Q: How did you feel “the next day”, so to speak…were you as sore and wiped out as you thought you’d be?
A: This was the real puzzler. Neither my son nor I had sore joints or muscles at all after the hike. We were obviously exhausted and crashed immediately upon reaching our room. In fact, while I was waiting in the drivers seat with the engine running for my son to load the car with our gear after the hike, I fell asleep at the wheel.
Q: What did you learn about your body?
A: I was astounded that my body held up as well as it did. I had experienced a lower back problem for several weeks before the hike due to lifting heavy objects helping friends move. I was fearful that this would flare up again as I could still feel the aftereffects. However, it was only slightly felt during the hike and never a factor in completing the climb. Obviously, keeping yourself fit on a daily basis is well worth the effort when you are thinking about stepping outside the box to do something like hike Mt. Whitney. If I had to get my body in shape in 4 to 6 weeks to make this climb, I don’t think I could have done it.

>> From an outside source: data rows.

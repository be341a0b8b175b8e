// The file's numbers of action kinds and memory orders, and the rules that an edition, a place's byte and the fields of an action keep.
#![tactic(auto, unfolding(crate::specs::Files::order_of, crate::specs::Files::kind_of, crate::specs::Files::kind_ok, model::specs::Candidates::action_ok))]

ghost use Rattle.std.specs.Prelude.{◌≡◌};
ghost use Rattle.model.specs.Limits.{newest_edition};
ghost use Rattle.model.specs.Candidates.{edition_ok, place_ok, values_ok, action_ok, place_byte_ok};
ghost use Rattle.drawing.specs.Files.{order_of, kind_of, kind_ok};

use model::limits::NEWEST_EDITION;
use model::{Action, ActionKind, MemoryOrder};

// The order with a number; numbers of no order give the last.
pub fn order_of(o: u8) -> MemoryOrder
    ensures { result ≡ order_of o }
{
    match o {
        1 => MemoryOrder::Relaxed,
        2 => MemoryOrder::Consume,
        3 => MemoryOrder::Acquire,
        4 => MemoryOrder::Release,
        5 => MemoryOrder::AcqRel,
        _ => MemoryOrder::SeqCst,
    }
}

// The kind with a number and an order's number; numbers of no kind give the last.
pub fn kind_of(k: u8, o: u8) -> ActionKind
    ensures { result ≡ kind_of k o }
{
    let m = order_of(o);
    match k {
        1 => ActionKind::Lock,
        2 => ActionKind::Unlock,
        3 => ActionKind::AtomicLoad(m),
        4 => ActionKind::AtomicStore(m),
        5 => ActionKind::ReadModifyWrite(m),
        6 => ActionKind::Load,
        7 => ActionKind::Store,
        _ => ActionKind::Fence(m),
    }
}

// Whether k and o are the numbers of a kind and of the order that it carries.
pub fn kind_ok(k: u8, o: u8) -> bool
    ensures { result ≡ kind_ok k o }
{
    let found = kind_of(k, o);
    found.number() == k && found.order() == o
}

// A fence has place 65535; any other place is below p.
pub fn place_ok(x: Action, p: usize) -> bool
    ensures { result ≡ place_ok p x }
{
    if x.what.is_fence() {
        x.place == 65535
    } else {
        (x.place as usize) < p
    }
}

// A value that the kind doesn't have is 0.
pub fn values_ok(x: Action) -> bool
    ensures { result ≡ values_ok x }
{
    (x.what.reads() || x.read == 0) && (x.what.writes() || x.written == 0)
}

// Whether the fields of an action keep the rules.
pub fn action_ok(x: Action, t: usize, p: usize) -> bool
    ensures { result ≡ action_ok t p x }
{
    (x.thread as usize) < t && place_ok(x, p) && values_ok(x)
}

// Whether an edition is one of 1 to the newest.
pub fn edition_ok(edition: usize) -> bool
    ensures { result ≡ edition_ok newest_edition edition }
{
    (1..=NEWEST_EDITION).contains(&edition)
}

// Whether a place's byte is 0, 1 or 2.
pub fn place_byte_ok(b: u8) -> bool
    ensures { result ≡ place_byte_ok b }
{
    b < 3
}
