// The papers' rule (RULES 8): y lies in another part than x exactly if AD = BC. The four lists are in specs/, the theorem that the
// rule finds the parts of RULES 2.5 in proofs/. No code.
#![tactic(auto)]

Q: What did you learn from this adventure as it relates to the rest of your life?
A: No one is limited by age from setting this type of goal. The key is to start thinking outside of your comfort zone. The only limiting factor for many is their health. Personally, I refuse to allow my body or my health to deteriorate to the point where I cannot do the things that I do now or would like to do in the future. My motto when it comes to the nutritional aspect of staying healthy is this; “Nothing tastes as good as being healthy feels”. That makes it easy to turn down things that look and taste good, but you instinctively know are not good for your health.
Q: Would you do it again?
A: As we were coming down the mountain, I would look back up the trail and vowed “never again”. However, the old adage about “out of sight, out of pain”, or something like that, then comes into play. My son and I now talk about how we would do it differently to avoid the nausea and headaches, and cut the time by a couple of hours.
I would love to do it again. But honestly, I think that there are other challenges are out there that I would like to accomplish before hiking Mt. Whitney again – such as hike the 2,100 mile Appalachian Trail; ride a bike across the US from coast to coast; take another bike ride around Europe. In 1956, I rode a bike with 7 others for 3 weeks around Europe between my junior and senior years of high school and it has always been a desire to repeat that trip.
Q: Why would you recommend that people set a goal and do this sort of thing?
A: It is an exhilarating experience that builds your confidence to go accomplish other goals. Whether it is an fitness workout, climbing Mt. Whitney, losing weight, or whatever else you might have in mind. You must set a goal and commit in order to accomplish that goal. Once you make that commitment, it does something psychologically that forces you to do whatever is necessary to accomplish that goal.